E quale può essere questa logica? Si tratta della più illogica delle vicende umane, ma della più grande e paradossale manifestazione divina. Dio fa una continua provocazione amorosa e poi aspetta: l’innamorato respinto non si rassegna e dà la vita e così avviene nei secoli dei secoli. E noi abbiamo la spudoratezza di chiosare il tutto con un “Amen”. Sentirsi in colpa è poco! Ci riescono il centurione romano ai piedi della Croce, che riconosce Il Figlio di Dio e il ladrone in croce, che osa chiedere perdono. Ciò a significare che noi siamo peggio di questi due estremi personaggi: un kapò, che si diverte a torturare i condannati a morte ed un condannato a morte per un atroce delitto, che si accontenta di una sublime promessa. Siamo in mezzo e non ce ne rendiamo conto!

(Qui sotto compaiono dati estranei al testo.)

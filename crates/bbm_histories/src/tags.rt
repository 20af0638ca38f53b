//! Laws of tags: when they are readable, and which root holds them.

ghost use Rattle.bbm_events.specs.Heading.{Heading};
ghost use Rattle.bbm_rules.specs.Claims.{Trust};
ghost use Rattle.bbm_histories.specs.HolderLaws.{BasesOfRoots, TagsOfRoots};

use crate::below::below;

/// In a history that keeps the rules, a tag becomes readable at a PE by a register write of the PE, and stops to be so
/// by an ISB of it; at most one root holds it, and that is a declared root of its kind. The law is `TagsOfRoots`.
pub fn law_tags()
    ensures { (heading : Heading) (trust : Trust) → TagsOfRoots heading trust }
{
    below();
}

/// In a history that keeps the rules, the base of a readable register value is a declared root of the register's kind
/// or a null page, and no event changes which; no null page is a declared root, and a `root` names none. The law is
/// `BasesOfRoots`.
pub fn law_bases()
    ensures { (heading : Heading) (trust : Trust) → BasesOfRoots heading trust }
{
    below();
}
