//! Step equations of the trees: what is childless, what is in limbo, and which node a page has after an event.

ghost use Rattle.std.specs.Prelude.{◌≡◌, List, ◌∷◌};
ghost use Rattle.bbm_regimes.specs.declared.regime.Kind.{Kind};
ghost use Rattle.bbm_events.specs.Heading.{Heading};
ghost use Rattle.bbm_rules.specs.Claims.{Trust};
ghost use Rattle.bbm_rules.specs.Lists.{any};
ghost use Rattle.bbm_rules.specs.Notes.{Noted};
ghost use Rattle.bbm_rules.specs.Tree.{Above, Node, in_limbo};
ghost use Rattle.bbm_histories.specs.TreeSteps.{invalid_after};
ghost use Rattle.bbm_histories.specs.TreeSteps.{invalid_at};
ghost use Rattle.bbm_histories.specs.PositionLaws.{ChildlessAfter, NodeAfter};

use crate::below::below;

/// A table is childless exactly where no place of its next page holds anything, also of those that were never written;
/// and what is no table isn't childless. The law is `ChildlessAfter`.
pub fn law_childless_step()
    ensures { (heading : Heading) (trust : Trust) → ChildlessAfter heading trust }
{
    below();
}

/// A node is in limbo exactly where the present value of some place above it is invalid. After an event the value of
/// such a place is invalid by the value that the event writes there; an init of its page makes it so; and any other
/// event leaves it. The law is the contract.
pub fn law_limbo_step()
    ensures places { (h : List Noted) (m : Node) → in_limbo h m ≡ any (invalid_at m.kind h) m.above }
    ensures place { (kind : Kind) (n : Noted) (h : List Noted) (a : Above) →
        invalid_at kind (n ∷ h) a ≡ invalid_after kind n.event h a }
    ensures step { (n : Noted) (h : List Noted) (m : Node) →
        in_limbo (n ∷ h) m ≡ any (invalid_after m.kind n.event h) m.above }
{}

/// The node of a page after an event that breaks no rule, by its node before it: a node that the event attaches is that
/// of its page; an `unroot` leaves the nodes of other roots; a DSB leaves those of which each place above still holds
/// something; and a page where no node is attached or taken out keeps what it had. The law is `NodeAfter`.
pub fn law_node_step()
    ensures { (heading : Heading) (trust : Trust) → NodeAfter heading trust }
{
    below();
}
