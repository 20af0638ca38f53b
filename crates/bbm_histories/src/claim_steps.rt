//! Step equations of cleansed, and of the tags that are taken away, under a list of claims.

ghost use Rattle.bbm_events.specs.Heading.{Heading};
ghost use Rattle.bbm_rules.specs.Claims.{Trust};
ghost use Rattle.bbm_histories.specs.HolderLaws.{TagClaimsAfter};
ghost use Rattle.bbm_histories.specs.PatternLaws.{ClaimsAfter};

/// What is cleansed after an event under every trust, by what waits for its answer. The law is `ClaimsAfter`.
pub fn law_claim_steps()
    ensures { (heading : Heading) (trust : Trust) → ClaimsAfter heading trust }
{}

/// Under a list of claims a DSB takes a tag away where it completes a claim of the list that ends at its position, and
/// the tag isn't readable then. The law is `TagClaimsAfter`.
pub fn law_tag_claim_steps()
    ensures { (heading : Heading) → TagClaimsAfter heading }
{}
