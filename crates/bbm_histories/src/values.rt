//! Laws of the values of places.

ghost use Rattle.bbm_events.specs.Heading.{Heading};
ghost use Rattle.bbm_rules.specs.Claims.{Trust};
ghost use Rattle.bbm_histories.specs.ContentLaws.{FreshStays, NothingGoesBack, WindowAtReads};

use crate::below::below;

/// In every history: one that keeps the rules kept them before; what is published stays published, and by the same DSB;
/// a TLBI that is answered stays answered by the same DSB; what a TLBI covers is fixed at its issue; and a value that
/// isn't readable stays so until an event makes it readable again. The law is `NothingGoesBack`.
pub fn law_frozen()
    ensures { (heading : Heading) (trust : Trust) → NothingGoesBack heading trust }
{
    below();
}

/// In a fresh page of a history that keeps the rules, a value with bit 0 set stays from its write until the next init
/// of the page. The law is `FreshStays`.
pub fn law_fresh_content()
    ensures { (heading : Heading) (trust : Trust) → FreshStays heading trust }
{
    below();
}

/// In a history that keeps the rules, a value that is readable at a PE at a place of a tree, and valid at its level,
/// has the core of what the place holds, and the place isn't seen at the PE. The law is `WindowAtReads`.
pub fn law_window()
    ensures { (heading : Heading) (trust : Trust) → WindowAtReads heading trust }
{
    below();
}
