//! Laws of locks.

ghost use Rattle.std.specs.Prelude.{◌≡◌, ◌≢◌, ℕ, true, List, ◌∷◌, ◌++◌, Some};
ghost use Rattle.bbm_events.specs.Heading.{Heading};
ghost use Rattle.bbm_events.specs.declared.event.Event.{Event};
ghost use Rattle.bbm_events.specs.declared.event.Event.TheVariants.{Write};
ghost use Rattle.bbm_rules.specs.Broken.{keeps};
ghost use Rattle.bbm_rules.specs.Claims.{Trust};
ghost use Rattle.bbm_histories.specs.LockChanges.{HandsOver, lock_at};

use crate::below::below;

/// Between two writes of different PEs at places of trees whose roots name the same lock, each at the time of its
/// write, the first PE gives the lock back, and later the second takes it. It holds of every history that keeps the
/// rules. The law is the contract.
pub fn law_lock_order()
    ensures { (heading : Heading) (trust : Trust) (h newer between older : List Event)
        (p q place other value later lock : ℕ) → keeps heading trust h ≡ true → p ≢ q →
        h ≡ newer ++ Write q other later ∷ (between ++ Write p place value ∷ older) →
        lock_at heading trust older place ≡ Some lock →
        lock_at heading trust (between ++ Write p place value ∷ older) other ≡ Some lock → HandsOver p q lock between }
{
    below();
}
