//! What OUT regions say of the runs of programs that are read.
ghost use Rattle.laws_marks.specs.OutAccepted.{ReadOutsHold};

use in_out_regions::region_translation::links_hold;
use laws_analyses::{accepted_data_stays_in_locals, jumps_stay_inside, names_agree};

/// In every run of a program that is read, unless a fault ends it, the OUT regions that are made from its analyses, and from its READ, WRITE and IN regions, hold of each
/// execution of a statement, or of the entry: each visible unit that it writes, and that the rest of the run reads before it writes it, lies in one of them.
pub fn read_outs_hold()
    ensures { ReadOutsHold }
{
    names_agree();
    accepted_data_stays_in_locals();
    jumps_stay_inside();
    links_hold();
}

Nel buio fitto di questo fattaccio si intravede, umanamente (e non solo) parlando, la luce al femminile: si potrebbe dire che il sole si è spento e resta la pallida luce della luna. Le donne! Le uniche che trovano il coraggio di piangere, di gridare allo scandalo, di fare carezze al moribondo, di ungere il corpo del cadavere, di continuare a cercare questo uomo, che le aveva parificate all’uomo, che le aveva riscattate dalla loro condizione di minorità, che le aveva perdonate, oserei dire scusate, nei loro peccati, che le aveva amate fino in fondo. Mi piace pensare che sia così anche oggi… Anzi è stato così tre giorni dopo il fattaccio: le donne vedono e vogliono toccare per prime Gesù. Scene di dolcezza infinita e di fede traboccante. Se non ci fossero state quelle donne, con Maria in testa, tutto sarebbe più difficile da credere e da testimoniare. Gli incalliti clericali, i bigotti di turno, gli uomini di potere, i violenti, i vigliacchi, i paurosi, i tiepidi, ci sono anche oggi in abbondanza. E le donne? Sono, tutto sommato, ancora le uniche ad avere occhi per esprimere guardi di pietà, ond’io guardo a loro come ad angeli e dico: Ecco la bellezza della vita!